■ Problem requirements
Set down the material exactly, keeping every line whole.

■ Extracted information
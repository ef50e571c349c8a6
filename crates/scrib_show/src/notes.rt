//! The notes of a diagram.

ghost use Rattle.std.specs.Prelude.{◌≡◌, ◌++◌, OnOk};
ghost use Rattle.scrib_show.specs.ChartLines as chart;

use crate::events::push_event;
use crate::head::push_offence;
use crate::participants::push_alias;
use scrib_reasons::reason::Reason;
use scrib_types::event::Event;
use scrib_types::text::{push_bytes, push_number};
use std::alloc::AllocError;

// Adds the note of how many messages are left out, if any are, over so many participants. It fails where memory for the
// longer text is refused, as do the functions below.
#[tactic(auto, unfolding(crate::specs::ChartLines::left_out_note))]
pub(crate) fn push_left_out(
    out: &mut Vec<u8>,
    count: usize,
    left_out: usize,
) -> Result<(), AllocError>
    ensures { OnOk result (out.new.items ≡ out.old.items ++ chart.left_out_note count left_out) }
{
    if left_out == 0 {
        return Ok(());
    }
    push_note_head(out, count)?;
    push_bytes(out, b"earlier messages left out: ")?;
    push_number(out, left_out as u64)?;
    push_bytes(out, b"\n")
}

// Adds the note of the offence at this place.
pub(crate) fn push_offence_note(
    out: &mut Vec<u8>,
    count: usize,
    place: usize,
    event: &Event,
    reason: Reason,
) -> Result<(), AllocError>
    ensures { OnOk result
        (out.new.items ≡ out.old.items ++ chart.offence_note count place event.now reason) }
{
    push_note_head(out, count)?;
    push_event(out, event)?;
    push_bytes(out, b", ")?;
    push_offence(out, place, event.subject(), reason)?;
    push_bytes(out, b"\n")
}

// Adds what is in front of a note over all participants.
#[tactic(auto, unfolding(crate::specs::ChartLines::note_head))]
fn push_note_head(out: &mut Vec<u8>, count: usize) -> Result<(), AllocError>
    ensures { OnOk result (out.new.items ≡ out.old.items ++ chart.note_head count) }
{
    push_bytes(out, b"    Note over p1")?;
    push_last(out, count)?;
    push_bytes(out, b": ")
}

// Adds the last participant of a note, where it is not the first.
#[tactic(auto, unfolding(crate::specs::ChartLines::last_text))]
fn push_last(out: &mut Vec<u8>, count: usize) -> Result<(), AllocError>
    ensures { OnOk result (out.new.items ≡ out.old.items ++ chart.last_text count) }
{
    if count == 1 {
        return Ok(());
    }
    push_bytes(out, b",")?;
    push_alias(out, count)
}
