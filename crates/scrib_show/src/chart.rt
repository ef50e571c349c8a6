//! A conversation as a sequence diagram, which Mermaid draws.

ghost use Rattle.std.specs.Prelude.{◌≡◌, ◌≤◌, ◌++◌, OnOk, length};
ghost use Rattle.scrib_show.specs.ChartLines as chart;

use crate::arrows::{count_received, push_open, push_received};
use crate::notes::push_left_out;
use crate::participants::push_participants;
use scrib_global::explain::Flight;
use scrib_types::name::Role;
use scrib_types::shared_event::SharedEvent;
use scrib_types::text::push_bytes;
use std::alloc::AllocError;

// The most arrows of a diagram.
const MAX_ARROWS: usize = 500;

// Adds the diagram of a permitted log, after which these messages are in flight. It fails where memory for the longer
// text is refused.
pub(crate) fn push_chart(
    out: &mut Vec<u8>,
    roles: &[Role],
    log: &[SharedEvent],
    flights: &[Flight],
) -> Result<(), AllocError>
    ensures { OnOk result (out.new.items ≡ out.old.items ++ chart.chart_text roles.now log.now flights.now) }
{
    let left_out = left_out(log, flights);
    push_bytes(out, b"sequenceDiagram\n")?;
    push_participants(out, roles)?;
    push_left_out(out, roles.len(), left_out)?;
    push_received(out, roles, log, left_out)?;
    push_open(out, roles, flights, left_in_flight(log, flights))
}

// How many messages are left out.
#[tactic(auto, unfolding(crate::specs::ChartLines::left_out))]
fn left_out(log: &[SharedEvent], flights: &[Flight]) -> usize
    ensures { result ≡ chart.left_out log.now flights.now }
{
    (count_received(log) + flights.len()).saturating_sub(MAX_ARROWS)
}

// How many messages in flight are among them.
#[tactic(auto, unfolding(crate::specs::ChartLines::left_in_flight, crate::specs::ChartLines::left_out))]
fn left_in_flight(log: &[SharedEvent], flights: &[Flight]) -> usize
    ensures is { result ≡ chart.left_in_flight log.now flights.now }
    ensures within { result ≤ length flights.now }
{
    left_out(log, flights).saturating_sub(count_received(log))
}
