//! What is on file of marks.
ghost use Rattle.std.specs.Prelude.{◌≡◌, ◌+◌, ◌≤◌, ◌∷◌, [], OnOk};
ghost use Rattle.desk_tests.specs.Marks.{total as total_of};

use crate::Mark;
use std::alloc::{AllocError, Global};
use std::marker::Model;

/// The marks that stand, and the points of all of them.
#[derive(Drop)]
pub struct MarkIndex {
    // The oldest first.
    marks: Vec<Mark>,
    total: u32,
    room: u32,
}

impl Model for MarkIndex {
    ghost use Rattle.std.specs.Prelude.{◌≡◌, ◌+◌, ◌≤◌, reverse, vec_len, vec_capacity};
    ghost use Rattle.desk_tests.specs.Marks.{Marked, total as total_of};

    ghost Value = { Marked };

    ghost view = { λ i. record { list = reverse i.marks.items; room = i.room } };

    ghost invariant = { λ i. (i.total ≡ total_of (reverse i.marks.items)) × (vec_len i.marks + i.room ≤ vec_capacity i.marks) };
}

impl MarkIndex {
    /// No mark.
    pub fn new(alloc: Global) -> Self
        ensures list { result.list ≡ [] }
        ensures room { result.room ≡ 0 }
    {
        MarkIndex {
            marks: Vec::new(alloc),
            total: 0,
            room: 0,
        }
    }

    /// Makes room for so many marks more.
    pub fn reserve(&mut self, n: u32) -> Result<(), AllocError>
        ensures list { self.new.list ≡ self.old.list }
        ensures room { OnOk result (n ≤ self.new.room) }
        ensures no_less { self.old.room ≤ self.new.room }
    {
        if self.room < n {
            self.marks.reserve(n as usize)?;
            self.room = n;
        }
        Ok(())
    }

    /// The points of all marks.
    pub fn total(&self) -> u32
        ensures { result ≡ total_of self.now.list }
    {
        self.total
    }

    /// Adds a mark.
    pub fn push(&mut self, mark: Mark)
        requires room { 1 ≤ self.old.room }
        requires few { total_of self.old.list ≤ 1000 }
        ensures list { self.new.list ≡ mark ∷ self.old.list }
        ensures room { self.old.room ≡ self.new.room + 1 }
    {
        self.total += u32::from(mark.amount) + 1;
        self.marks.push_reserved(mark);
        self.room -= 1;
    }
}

■ Reply
repository ef50e571c349c8a6
filename crates/scrib_show/src/notes.rt
//! The notes of a diagram.

ghost use Rattle.std.specs.Prelude.{◌≡◌, ◌++◌, OnOk};
ghost use Rattle.scrib_show.specs.ChartLines as chart;

use crate::events::push_event;
use crate::head::push_offence;
use crate::participants::push_alias;
use scrib_reasons::reason::Reason;
use scrib_types::event::Event;
use scrib_types::text::{push_bytes, push_number};
use std::alloc::AllocError;

// Adds the note of how many messages are left out, if any are, over so many participants. It fails where memory for the
// longer text is refused, as do the functions below.
#[tactic(auto, unfolding(crate::specs::ChartLines::left_out_note))]
pub(crate) fn push_left_out(
    out: &mut Vec<u8>,
    count: usize,
    left_out: usize,
) -> Result<(), AllocError>
    ensures { OnOk result (out.new.items ≡ out.old.items ++ chart.left_out_note count left_out) }
{
    if left_out == 0 {
        return Ok(());
    }
    push_note_head(out, count)?;
    push_bytes(out, b"earlier messages left out: ")?;
    push_number(out, left_out as u64)?;
    push_bytes(out, b"\n")
}

// Adds the note of the offence at this place.
pub(crate) fn push_offence_note(
    out: &mut Vec<u8>,
    count: usize,
    place: usize,
    event: &Event,
    reason: Reason,
) -> Result<(), AllocError>
    ensures { OnOk result
        (out.new.items ≡ out.old.items ++ chart.offence_note count place event.now reason) }
{
    push_note_head(out, count)?;
    push_event(out, event)?;
    push_bytes(out, b", ")?;
    push_offence(out, place, event.subject(), reason)?;
    push_bytes(out, b"\n")
}

// Adds what is in front of a note over all participants.
#[tactic(auto, unfolding(crate::specs::ChartLines::note_head))]
fn push_note_head(out: &mut Vec<u8>, count: usize) -> Result<(), AllocError>
    ensures { OnOk result (out.new.items ≡ out.old.items ++ chart.note_head count) }
{
    push_bytes(out, b"    Note over p1")?;
    push_last(out, count)?;
    push_bytes(out, b": ")
}

// Adds the last participant of a note, where it is not the first.
#[tactic(auto, unfolding(crate::specs::ChartLines::last_text))]
fn push_last(out: &mut Vec<u8>, count: usize) -> Result<(), AllocError>
    ensures { OnOk result (out.new.items ≡ out.old.items ++ chart.last_text count) }
{
    if count == 1 {
        return Ok(());
    }
    push_bytes(out, b",")?;
    push_alias(out, count)
}
filename crates/scrib_show/src/chart.rt
repository ef50e571c349c8a6
//! A conversation as a sequence diagram, which Mermaid draws.

ghost use Rattle.std.specs.Prelude.{◌≡◌, ◌≤◌, ◌++◌, OnOk, length};
ghost use Rattle.scrib_show.specs.ChartLines as chart;

use crate::arrows::{count_received, push_open, push_received};
use crate::notes::push_left_out;
use crate::participants::push_participants;
use scrib_global::explain::Flight;
use scrib_types::name::Role;
use scrib_types::shared_event::SharedEvent;
use scrib_types::text::push_bytes;
use std::alloc::AllocError;

// The most arrows of a diagram.
const MAX_ARROWS: usize = 500;

// Adds the diagram of a permitted log, after which these messages are in flight. It fails where memory for the longer
// text is refused.
pub(crate) fn push_chart(
    out: &mut Vec<u8>,
    roles: &[Role],
    log: &[SharedEvent],
    flights: &[Flight],
) -> Result<(), AllocError>
    ensures { OnOk result (out.new.items ≡ out.old.items ++ chart.chart_text roles.now log.now flights.now) }
{
    let left_out = left_out(log, flights);
    push_bytes(out, b"sequenceDiagram\n")?;
    push_participants(out, roles)?;
    push_left_out(out, roles.len(), left_out)?;
    push_received(out, roles, log, left_out)?;
    push_open(out, roles, flights, left_in_flight(log, flights))
}

// How many messages are left out.
#[tactic(auto, unfolding(crate::specs::ChartLines::left_out))]
fn left_out(log: &[SharedEvent], flights: &[Flight]) -> usize
    ensures { result ≡ chart.left_out log.now flights.now }
{
    (count_received(log) + flights.len()).saturating_sub(MAX_ARROWS)
}

// How many messages in flight are among them.
#[tactic(auto, unfolding(crate::specs::ChartLines::left_in_flight, crate::specs::ChartLines::left_out))]
fn left_in_flight(log: &[SharedEvent], flights: &[Flight]) -> usize
    ensures is { result ≡ chart.left_in_flight log.now flights.now }
    ensures within { result ≤ length flights.now }
{
    left_out(log, flights).saturating_sub(count_received(log))
}
//! What is on file of marks.
ghost use Rattle.std.specs.Prelude.{◌≡◌, ◌+◌, ◌≤◌, ◌∷◌, [], OnOk};
ghost use Rattle.desk_tests.specs.Marks.{total as total_of};

use crate::Mark;
use std::alloc::{AllocError, Global};
use std::marker::Model;

/// The marks that stand, and the points of all of them.
#[derive(Drop)]
pub struct MarkIndex {
    // The oldest first.
    marks: Vec<Mark>,
    total: u32,
    room: u32,
}

impl Model for MarkIndex {
    ghost use Rattle.std.specs.Prelude.{◌≡◌, ◌+◌, ◌≤◌, reverse, vec_len, vec_capacity};
    ghost use Rattle.desk_tests.specs.Marks.{Marked, total as total_of};

    ghost Value = { Marked };

    ghost view = { λ i. record { list = reverse i.marks.items; room = i.room } };

    ghost invariant = { λ i. (i.total ≡ total_of (reverse i.marks.items)) × (vec_len i.marks + i.room ≤ vec_capacity i.marks) };
}

impl MarkIndex {
    /// No mark.
    pub fn new(alloc: Global) -> Self
        ensures list { result.list ≡ [] }
        ensures room { result.room ≡ 0 }
    {
        MarkIndex {
            marks: Vec::new(alloc),
            total: 0,
            room: 0,
        }
    }

    /// Makes room for so many marks more.
    pub fn reserve(&mut self, n: u32) -> Result<(), AllocError>
        ensures list { self.new.list ≡ self.old.list }
        ensures room { OnOk result (n ≤ self.new.room) }
        ensures no_less { self.old.room ≤ self.new.room }
    {
        if self.room < n {
            self.marks.reserve(n as usize)?;
            self.room = n;
        }
        Ok(())
    }

    /// The points of all marks.
    pub fn total(&self) -> u32
        ensures { result ≡ total_of self.now.list }
    {
        self.total
    }

    /// Adds a mark.
    pub fn push(&mut self, mark: Mark)
        requires room { 1 ≤ self.old.room }
        requires few { total_of self.old.list ≤ 1000 }
        ensures list { self.new.list ≡ mark ∷ self.old.list }
        ensures room { self.old.room ≡ self.new.room + 1 }
    {
        self.total += u32::from(mark.amount) + 1;
        self.marks.push_reserved(mark);
        self.room -= 1;
    }
}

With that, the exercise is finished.